Мэкки-Нож только что тайком женился на Полли Пичем, и папаша Пичем переживает. Как только Микки выходит на сцену, остальные актеры словно исчезают. Честно говоря, я не очень-то люблю «Трехгрошовую оперу», по-моему, довольно скучная вещь, но сейчас меня так и подмывает взбежать на сцену и поучаствовать в спектакле. Микке на сцене просто неотразим. Прямо-таки излучает свет. Когда репетиция подходит к концу, я говорю Рейне, что мне нужно подняться на сцену, чтобы освоиться.

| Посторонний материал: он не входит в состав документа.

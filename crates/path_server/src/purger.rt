//! Purges by the trusted moments of a clock, which no session asks for.

ghost use Rattle.std.specs.Prelude.{◌≡◌, ◌⊎◌, ◌-◌, ◌*◌, ◌^◌, min, is_some, None, IfOk, IfErr, OnOk, OnErr, IsOkAnd};
ghost use Rattle.command_queue.specs.Handed.{handed_with};
ghost use Rattle.hub_claims.specs.Committed.{ReceiptShows};
ghost use Rattle.path_server.specs.Trusting.{reading, judged, anchor_after, begun, confirmed, or_else, own_purge, WhyNotHandedIn, WhyNotPurged};

use crate::anchor::{Doubt, Reading};
use hub_claims::{HubClaim, HubError, HubName, Waiter};
use hub_readers::HubReceipt;
use path_db::Command;
use path_hub::{Hub, Sender};
use sector_dev::Device;
use session_clock::Now;
use std::sync::Wait;
use std::time::Clock;

/// Why a purge has no receipt.
#[derive(Clone, Copy, Debug, PartialEq, Eq)]
pub(crate) enum NotPurged {
    /// Nothing was handed in, as the clock is not trusted.
    Rests(Doubt),
    /// The hub refused the purge, or its answer was not awaited.
    Refused(HubError),
}

/// Hands in purges at a hub, each of a moment that is trusted. That is no more after the one that
/// was trusted last than the time since by a steady clock, so that a machine's clock which jumps
/// ahead drops no row. The hub is private to it, and no method hands in anything else.
#[derive(Drop)]
pub(crate) struct Purger<'a, D: Device, N: HubName, R: Wait + Clock, C: Now, S: Now> {
    hub: &'a Hub<D, N, R>,
    /// The machine's clock.
    clock: C,
    /// A clock that no one sets.
    steady: S,
    /// How long rows are kept past their expiry, in half seconds.
    grace: u64,
    /// The reading of both clocks that was trusted last, or `None` where none was yet.
    anchor: Option<Reading>,
    sender: Sender<N>,
}

impl<'a, D: Device, N: HubName, R: Wait + Clock, C: Now, S: Now> Purger<'a, D, N, R, C, S> {
    /// A purger that has handed nothing in and trusts no moment yet. Rows are kept for this number
    /// of seconds past their expiry.
    pub(crate) fn new(
        hub: &'a Hub<D, N, R>,
        clock: C,
        steady: S,
        grace: u64,
        sender: Sender<N>,
    ) -> Purger<'a, D, N, R, C, S>
        ensures clocks { (result.clock ≡ clock) × (result.steady ≡ steady) }
        ensures grace { result.grace ≡ min (grace * 2) (2 ^ 64 - 1) }
        ensures anchor { result.anchor ≡ None }
        ensures sender { result.sender ≡ sender }
    {
        Purger {
            hub,
            clock,
            steady,
            grace: grace.saturating_mul(2),
            anchor: None,
            sender,
        }
    }

    /// Hands in a purge of the trusted moment less the grace, or of this one where that is before
    /// it. Waits until it is committed or refused, or the waiter has left. Then the purge goes on.
    /// Where the clock is not trusted, nothing is handed in.
    #[tactic(auto, using(crate::proofs::Purged::why_not_purged))]
    pub(crate) fn purge<W: Waiter>(
        &mut self,
        most: u64,
        waiter: &mut W,
    ) -> Result<HubReceipt<N>, NotPurged>
        ensures committed { let now = reading (C.moment self.new.clock) (S.moment self.new.steady) in IfOk result (λ receipt.
            IsOkAnd (judged self.old.anchor now) (λ trusted. ReceiptShows N.opening (own_purge most self.old.grace trusted) receipt)) }
        ensures sent { let now = reading (C.moment self.new.clock) (S.moment self.new.steady) in OnOk result
            (IsOkAnd (judged self.old.anchor now) (λ trusted. self.new.sender ≡ handed_with (own_purge most self.old.grace trusted) self.old.sender)) }
        ensures at_most { let now = reading (C.moment self.new.clock) (S.moment self.new.steady) in OnErr result
            (IsOkAnd (judged self.old.anchor now) (λ trusted. self.new.sender ≡ handed_with (own_purge most self.old.grace trusted) self.old.sender)
            ⊎ (self.new.sender ≡ self.old.sender)) }
        ensures why { let now = reading (C.moment self.new.clock) (S.moment self.new.steady) in
            IfErr result (WhyNotPurged (λ trusted. N.refused (own_purge most self.old.grace trusted)) (W.has_left waiter.new) (judged self.old.anchor now)) }
        ensures anchor { let now = reading (C.moment self.new.clock) (S.moment self.new.steady) in
            self.new.anchor ≡ anchor_after self.old.anchor (judged self.old.anchor now) }
        ensures grace { self.new.grace ≡ self.old.grace }
    {
        let claim = self.hand_in(most)?;
        match self.hub.settle_for(claim, waiter) {
            Ok(receipt) => Ok(receipt),
            Err(error) => Err(NotPurged::Refused(error)),
        }
    }

    /// Whether a moment was trusted.
    pub(crate) fn has_begun(&self) -> bool
        ensures { result ≡ is_some self.now.anchor }
    {
        self.anchor.is_some()
    }

    /// The machine's moment less the grace: a purge drops what has expired by then, or by less than
    /// a minute before.
    pub(crate) fn until(&mut self) -> u64
        ensures moment { result ≡ C.moment self.new.clock - self.old.grace }
        ensures same { (self.new.anchor ≡ self.old.anchor) × (self.new.grace ≡ self.old.grace) × (self.new.sender ≡ self.old.sender) }
    {
        self.clock.now().saturating_sub(self.grace)
    }

    /// Trusts the machine's clock where no moment was trusted yet and it is at most a day after the
    /// newest timestamp of the store, in half seconds since 1970.
    pub(crate) fn begin(&mut self, newest: u64)
        ensures anchor { let now = reading (C.moment self.new.clock) (S.moment self.new.steady) in
            self.new.anchor ≡ or_else self.old.anchor (begun newest now) }
        ensures same { (self.new.grace ≡ self.old.grace) × (self.new.sender ≡ self.old.sender) }
    {
        if self.anchor.is_none() {
            self.anchor = self.read().begun(newest);
        }
    }

    /// Trusts the machine's clock where it is within a minute of the moment of a purge that a
    /// session asked for, in half seconds since 1970.
    pub(crate) fn confirm(&mut self, asked: u64)
        ensures anchor { let now = reading (C.moment self.new.clock) (S.moment self.new.steady) in
            self.new.anchor ≡ or_else (confirmed asked now) self.old.anchor }
        ensures same { (self.new.grace ≡ self.old.grace) × (self.new.sender ≡ self.old.sender) }
    {
        if let Some(now) = self.read().confirmed(asked) {
            self.anchor = Some(now);
        }
    }

    /// Ends the purger, and gives its sender back to the hub.
    pub(crate) fn end(self)
    where
        C: Drop,
        S: Drop,
    {
        let Purger {
            hub,
            clock: _clock,
            steady: _steady,
            grace: _,
            anchor: _,
            sender,
        } = self;
        hub.keep_sender(sender.end());
    }

    /// Hands in a purge of the trusted moment less the grace, or of this one where that is before
    /// it, unless the clock is not trusted.
    fn hand_in(&mut self, most: u64) -> Result<HubClaim<N>, NotPurged>
        ensures claim { let now = reading (C.moment self.new.clock) (S.moment self.new.steady) in
            IfOk result (λ claim. IsOkAnd (judged self.old.anchor now) (λ trusted. claim ≡ own_purge most self.old.grace trusted)) }
        ensures sent { let now = reading (C.moment self.new.clock) (S.moment self.new.steady) in OnOk result
            (IsOkAnd (judged self.old.anchor now) (λ trusted. self.new.sender ≡ handed_with (own_purge most self.old.grace trusted) self.old.sender)) }
        ensures why { let now = reading (C.moment self.new.clock) (S.moment self.new.steady) in
            IfErr result (WhyNotHandedIn (λ trusted. N.refused (own_purge most self.old.grace trusted)) (judged self.old.anchor now)) }
        ensures unsent { OnErr result (self.new.sender ≡ self.old.sender) }
        ensures anchor { let now = reading (C.moment self.new.clock) (S.moment self.new.steady) in
            self.new.anchor ≡ anchor_after self.old.anchor (judged self.old.anchor now) }
        ensures grace { self.new.grace ≡ self.old.grace }
    {
        match self.judge() {
            Ok(trusted) => {
                self.anchor = Some(trusted);
                let until = most.min(trusted.moment.saturating_sub(self.grace));
                match self.hub.hand_in(&mut self.sender, Command::Purge(until)) {
                    Ok(claim) => Ok(claim),
                    Err(error) => Err(NotPurged::Refused(error)),
                }
            }
            Err(doubt) => Err(NotPurged::Rests(doubt)),
        }
    }

    /// Reads both clocks, and judges the moment by the one that was trusted last.
    fn judge(&mut self) -> Result<Reading, Doubt>
        ensures judged { result ≡ judged self.old.anchor (reading (C.moment self.new.clock) (S.moment self.new.steady)) }
        ensures same { (self.new.anchor ≡ self.old.anchor) × (self.new.grace ≡ self.old.grace) × (self.new.sender ≡ self.old.sender) }
    {
        let now = self.read();
        match self.anchor {
            Some(anchor) => now.judged_by(anchor),
            None => Err(Doubt::Unknown),
        }
    }

    /// Reads both clocks, the steady one first. Where the thread waits in between, the machine's
    /// moment is after the expected one, which is trusted then. In the other order such a wait
    /// would keep all further moments back.
    fn read(&mut self) -> Reading
        ensures now { result ≡ reading (C.moment self.new.clock) (S.moment self.new.steady) }
        ensures same { (self.new.anchor ≡ self.old.anchor) × (self.new.grace ≡ self.old.grace) × (self.new.sender ≡ self.old.sender) }
    {
        let steady = self.steady.now();
        let moment = self.clock.now();
        Reading { moment, steady }
    }
}
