//! The tasks that the threads of a server attend to.

use server_front::Role;
use std::time::Duration;

/// A seat: its number among those for the sessions of a role.
#[derive(Clone, Copy)]
pub(crate) struct Seat {
    pub(crate) role: Role,
    pub(crate) number: usize,
}

/// A task that a thread attends to. The server keeps what the thread takes: the connection of a
/// peer in the peer's seat, and the listener for requests of the numbers.
#[derive(Clone, Copy)]
pub(crate) enum Task {
    /// The session of the peer in this seat.
    Session(Seat),
    /// The answers to peers that ask for the numbers.
    Status,
    /// The server's own purges, one after each such period.
    Purges(Duration),
}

— Конечно. Белла, — отвечает он, — я пока пойду пообщаюсь с актерами.
Я поднимаюсь на сцену. Это такое странное чувство. Зал пуст. Передо мной четыре яруса и 752 пустых кресла. Белые стены в позолоте. Ка потолке изображено небо с белыми облаками и каким-то божеством, восседающим на крылатом скакуне. Скоро я буду здесь стоять под аплодисменты и ликование публики. Я подхожу к самому краю сцены. Представляю, как раз за разом нас вызывают на поклон. Браво! Мне вручают цветы, я кланяюсь. Или лучше сделать реверанс? Нет, это как-то несовременно… Лучше поклон. Я отвешиваю поклон — сначала легкий, потом до самого пола. Спасибо, спасибо.
— Ну как ты там, Белла? — кричит Рейне из зала.
— Да вот, пробую разные варианты. Правда же, реверанс сейчас не делают?
— По-разному. Кто-то делает. Как кому удобнее. Вообще-то я хотел сказать, что ухожу. Микке и еще пара ребят из «Трехгрошовой оперы» идут выпить пивка в «Риш», но мне пора домой. Так что до послезавтра. Адье, адье, — говорит Рейне, отвешивая изысканный поклон с воображаемой шляпой с плюмажем.
32
Не успеваю я подняться по ступенькам кафе «Риш», как тут же вижу его. Он стоит в одиночестве у барной стойки. Я встаю рядом спиной к нему, делая вид, что не замечаю его. Подходит бармен, и я нарочито небрежно произношу:
— Баккарди с колой. И покрепче. — Потом оборачиваюсь и изображаю изумление: — Ой, Микке, привет, ты тоже здесь?
Он задумчиво смотрит на меня, словно не узнаёт.
— Ты что, не помнишь меня? Я Белла. (Тьфу, теперь я веду себя так, будто мне не привыкать к тому, что меня не помнят.)